InFusion: Inpainting 3D Gaussians via Learning Depth Completion from Diffusion Prior (2404.11613v1)

Published 17 Apr 2024 in cs.CV

Abstract: 3D Gaussians have recently emerged as an efficient representation for novel view synthesis. This work studies its editability with a particular focus on the inpainting task, which aims to supplement an incomplete set of 3D Gaussians with additional points for visually harmonious rendering. Compared to 2D inpainting, the crux of inpainting 3D Gaussians is to figure out the rendering-relevant properties of the introduced points, whose optimization largely benefits from their initial 3D positions. To this end, we propose to guide the point initialization with an image-conditioned depth completion model, which learns to directly restore the depth map based on the observed image. Such a design allows our model to fill in depth values at an aligned scale with the original depth, and also to harness strong generalizability from largescale diffusion prior. Thanks to the more accurate depth completion, our approach, dubbed InFusion, surpasses existing alternatives with sufficiently better fidelity and efficiency under various complex scenarios. We further demonstrate the effectiveness of InFusion with several practical applications, such as inpainting with user-specific texture or with novel object insertion.

Citations (6)

View on Semantic Scholar

Summary

The paper introduces InFusion, which achieves about 20x faster processing by using a diffusion-based depth completion model for 3D Gaussian inpainting.
It employs a learned depth model to precisely initialize 3D points, leading to high-fidelity rendering and facilitating texture and object editing.
The approach combines latent diffusion priors with a progressive inpainting strategy to robustly restore depth maps in complex 3D scenes.
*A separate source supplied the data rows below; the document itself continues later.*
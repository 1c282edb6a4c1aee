//! Copies of labels.

ghost use Rattle.std.specs.Prelude.{◌≡◌, map, IfOk};
ghost use Rattle.c_syntax.specs.View.{label_shape};

use crate::parts::{boxed, put_inner};
use crate::tree::copy_node;
use c_base::place::NoMemory;
use c_syntax::tree::Label;
use std::alloc::Global;

fn copy_label(alloc: Global, label: &Label) -> Result<Box<Label>, NoMemory>
    ensures { IfOk result (λ l. label_shape l.value ≡ label_shape label.now) }
{
    match label {
        Label::Case(pos, node) => {
            let node = copy_node(alloc, node)?;
            boxed(alloc, Label::Case(*pos, Box::into_inner(node)))
        }
        Label::Default(pos) => boxed(alloc, Label::Default(*pos)),
    }
}

/// Copies of the labels of a statement.
pub fn copy_labels(alloc: Global, labels: &[Label]) -> Result<Vec<Label>, NoMemory>
    ensures { IfOk result (λ copies. map label_shape copies.items ≡ map label_shape labels.now) }
{
    let mut copies = Vec::new(alloc);
    for label in labels {
        let copied = copy_label(alloc, label)?;
        put_inner(&mut copies, copied)?;
    }
    Ok(copies)
}
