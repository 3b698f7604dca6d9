// Whether an integration is one that counting can leave, as far as its arithmetic needs it.
ghost use Rattle.std.specs.Prelude.{◌≡◌};
ghost use Rattle.counting.specs.Limits.{tally_within, integration_within};

use crate::{Chart, Integration, Tally};

pub fn integration_within(i: Integration) -> bool
    ensures { result ≡ integration_within i }
{
    match i {
        Integration::Idle => true,
        // A running one has a place left.
        Integration::Running(chart, t) => tally_within(t) && t.n < chart.limit(),
        Integration::Closed(t) => tally_within(t),
    }
}

// The sums that up to 600,000 wet values can reach.
fn tally_within(t: Tally) -> bool
    ensures { result ≡ tally_within t }
{
    t.n <= Chart::Long.limit()
        && t.first.unsigned_abs() <= 3000000000
        && t.last.unsigned_abs() <= 3000000000
        && t.sum.unsigned_abs() <= 1800000000000000
}
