// Blocks and predictors laid in lent lists of numbers, as crate flat has them.
#![tactic(auto)]

ghost use Rattle.std.specs.Prelude.{◌≡◌, ℕ, List, [], ◌∷◌, ◌≤◌, length};
ghost use Rattle.std.specs.List.{flat_map};
ghost use Rattle.std.proofs.lemmas.List.Edits.{sets};
ghost use Rattle.base.specs.Laid.{Laid};
ghost use Rattle.flat.specs.Flat.{short, head_of, flat_block, flat_predictor};
ghost use Rattle.layflat.specs.Front.{front_of};
ghost use Rattle.layflat.specs.Numbers.{number_alone, bit_alone, color_numbers, levels_numbers, Few, few_alone, few_bit, few_color, few_levels};

use laying::put;
use model::{Color, Levels, PaletteCu, PalettePredictor};

// What is laid as numbers of 16 bits, at most three.
trait Flat: Copy {
    ghost numbers: { Self → List ℕ };

    ghost few: { Few numbers };

    // Its numbers; the next place.
    fn lay(self, list: &mut [u16], at: usize) -> usize
        requires { at ≤ 65533 }
        ensures { Laid list.old at (numbers self) result list.new };
}

impl Flat for u16 {
    ghost numbers = { number_alone };

    ghost few = { few_alone };

    // The number itself.
    fn lay(self, list: &mut [u16], at: usize) -> usize {
        put(list, at, self)
    }
}

impl Flat for u8 {
    ghost numbers = { number_alone };

    ghost few = { few_alone };

    // The number itself.
    fn lay(self, list: &mut [u16], at: usize) -> usize {
        put(list, at, u16::from(self))
    }
}

impl Flat for bool {
    ghost numbers = { bit_alone };

    ghost few = { few_bit };

    // 1 where it is on, else 0.
    fn lay(self, list: &mut [u16], at: usize) -> usize {
        put(list, at, u16::from(self))
    }
}

impl Flat for Color {
    ghost numbers = { color_numbers };

    ghost few = { few_color };

    // Its components.
    fn lay(self, list: &mut [u16], at: usize) -> usize {
        put_three(list, at, self.y, self.cb, self.cr)
    }
}

impl Flat for Levels {
    ghost numbers = { levels_numbers };

    ghost few = { few_levels };

    // Its components.
    fn lay(self, list: &mut [u16], at: usize) -> usize {
        put_three(list, at, self.y, self.cb, self.cr)
    }
}

// Three numbers; the next place.
fn put_three(list: &mut [u16], at: usize, x: u16, y: u16, z: u16) -> usize
    requires { at ≤ 65533 }
    ensures { Laid list.old at (x ∷ y ∷ z ∷ []) result list.new }
{
    let second = put(list, at, x);
    let third = put(list, second, y);
    put(list, third, z)
}

// All of a list, one after the other; the next place.
fn lay_all<T: Flat>(list: &mut [u16], at: usize, all: &[T]) -> usize
    requires { (at ≤ 4432) × (length all.now ≤ 1024) }
    ensures { Laid list.old at (flat_map T.numbers all.now) result list.new }
{
    let mut to = at;
    for x in all {
        to = x.lay(list, to);
    }
    to
}

// A number held to 16 bits.
fn short(x: usize) -> u16
    ensures { result ≡ short x }
{
    x.min(65535) as u16
}

// The numbers before a block's palette.
fn head(cu: PaletteCu) -> [u16; 16]
    ensures { result ≡ head_of cu }
{
    [
        short(cu.size),
        u16::from(cu.chroma_idc),
        u16::from(cu.bd_luma),
        u16::from(cu.bd_chroma),
        u16::from(cu.lossless),
        short(cu.palette_size),
        short(cu.pred_size),
        short(cu.num_signaled),
        u16::from(cu.escape_present),
        u16::from(cu.transpose),
        short(cu.tolerance as usize),
        (cu.sse % 65536) as u16,
        (cu.sse / 65536 % 65536) as u16,
        (cu.sse / 4294967296 % 65536) as u16,
        (cu.sse / 281474976710656 % 65536) as u16,
        0,
    ]
}

// A block up to its levels; the next place.
pub fn lay_front(cu: PaletteCu, list: &mut [u16]) -> usize
    ensures { Laid list.old 0 (front_of cu) result list.new × (result ≡ 1360) }
{
    let palette = lay_all(list, 0, &head(cu));
    let flags = lay_all(list, palette, &cu.palette);
    let indices = lay_all(list, flags, &cu.reused);
    lay_all(list, indices, &cu.indices)
}

// A block, as far as the list reaches.
pub fn lay_block(cu: PaletteCu, list: &mut [u16])
    ensures { list.new ≡ sets list.old 0 (flat_block cu) }
{
    let levels = lay_front(cu, list);
    lay_all(list, levels, &cu.escapes);
}

// A predictor, as far as the list reaches.
pub fn lay_predictor(p: PalettePredictor, list: &mut [u16])
    ensures { list.new ≡ sets list.old 0 (flat_predictor p) }
{
    let entries = put(list, 0, short(p.size));
    lay_all(list, entries, &p.entries);
}
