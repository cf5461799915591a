// What writers and readers of bins share: powers and logarithms of two, and classes of a run's bins.
#![tactic(auto)]

ghost use Rattle.std.specs.Prelude.{◌≡◌, ℕ, ◌*◌, ◌^◌, ◌≤◌, ◌<◌};
ghost use Rattle.h265.specs.Strings as S;

// 2^k.
pub fn pow2(k: u32) -> u32
    requires { k ≤ 30 }
    ensures { result ≡ 2 ^ k }
{
    1 << k
}

// The whole part of the base 2 logarithm.
pub fn flog(n: u32) -> u32
    requires { n < 1073741824 }
    ensures { result ≡ S.flog n }
{
    n.checked_ilog2().unwrap_or(0)
}

// The values that a run's suffix may have, p = 2^(prefix - 1).
pub fn suffixes(longest: u32, p: u32) -> u32
    requires { (p ≤ longest) × (longest ≤ 1024) }
    ensures { ((k : ℕ) → p ≡ 2 ^ k → result ≡ S.suffixes longest k) × (result ≤ 1024) × (1 ≤ p → 1 ≤ result) }
{
    if longest < 2 * p { longest - p + 1 } else { p }
}

// The class of a run prefix's bin number i.
#[tactic(auto, unfolding(h265::specs::Strings::run_class))]
pub fn run_class(above: bool, sent: u32, i: u32) -> u8
    ensures class { result ≡ S.run_class above sent i }
    ensures small { result ≤ 10 }
{
    match (i, above, sent) {
        (0, true, _) => 8,
        (0, false, 0) => 3,
        (0, false, 1..=2) => 4,
        (0, false, _) => 5,
        (1..=2, true, _) => 9,
        (1..=2, false, _) => 6,
        (3..=4, true, _) => 10,
        (3..=4, false, _) => 7,
        _ => 0,
    }
}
Inpainting 3D Gaussians via Learning Depth Completion from Diffusion Prior

Introduction to InFusion

The paper introduces InFusion, an innovative method that leverages depth completion models informed by diffusion priors to enhance inpainting tasks involving 3D Gaussians. 3D Gaussians have been recognized for their efficiency in novel view synthesis, yet their editability, particularly for inpainting, poses significant challenges. InFusion addresses these by optimizing the initialization of 3D points based on an image-conditioned depth model, resulting in improved rendering quality and processing efficiency in complex scenarios.

Key Contributions

Depth Completion via Diffusion Prior: The proposed model excels at filling in the depth values, maintaining scale alignment with the original depth map. It incorporates training on a large-scale diffusion prior, endowing it with substantial generalizability.
Enhanced Inpainting Performance: InFusion markedly improves the fidelity and efficiency of 3D Gaussian inpainting, demonstrating about 20x faster processing compared to existing methods under various test conditions.
Depth and Texture Flexibility: The approach not only handles depth inpainting effectively but also supports practical applications like user-specific texture modification and novel object insertion within the 3D scene.

Methodology Overview

The method involves guiding the initialization of inpainting points using a tailored depth completion model that learns directly from observed image data. Here’s a breakdown of the process:

Depth Map Restoration: By completing depth maps using learned priors, the model can accurately place initial points for the Gaussians, crucial for high-quality rendering.
Use of Diffusion Models: Employing pre-trained latent diffusion models (LDMs) enables the depth completion model to be both robust and efficient. This approach leverages the strong generative capabilities of LDMs while operating in a lower-dimensional latent space for efficiency.
Progressive Inpainting Strategy: For scenarios involving large occlusions or complex objects, a progressive inpainting approach is adopted, gradually refining the scene using multiple reference views to address challenges dynamically.

Practical Applications and Implications

Texture and Object Editing: Beyond typical inpainting tasks, InFusion allows for user-interactive modifications like texture changes and object insertions, directly benefiting applications in virtual and augmented reality by enhancing user engagement and scene realism.
Efficiency and Scale: The efficiency gains from this approach suggest potential reductions in computational costs and processing times for real-time applications, such as interactive gaming and live AR systems.

Speculative Future Developments

The integration of diffusion model-based depth learning could potentially revolutionize how depth information is utilized in various 3D applications, pushing the boundaries of accuracy and realism in digital content creation. It might also inspire new algorithms for real-time depth sensing and correction in photography and videography, significantly impacting content production technologies.

Concluding Thoughts

InFusion presents a robust methodology for handling the challenges associated with 3D Gaussian inpainting, offering notable improvements in speed and quality. The method’s ability to integrate with diffusion-based priors opens up new paths for enhancing depth information utility in 3D modeling and rendering applications. Future work could explore extending these techniques to other forms of 3D data representation or optimizing the model for even faster real-time processing capabilities.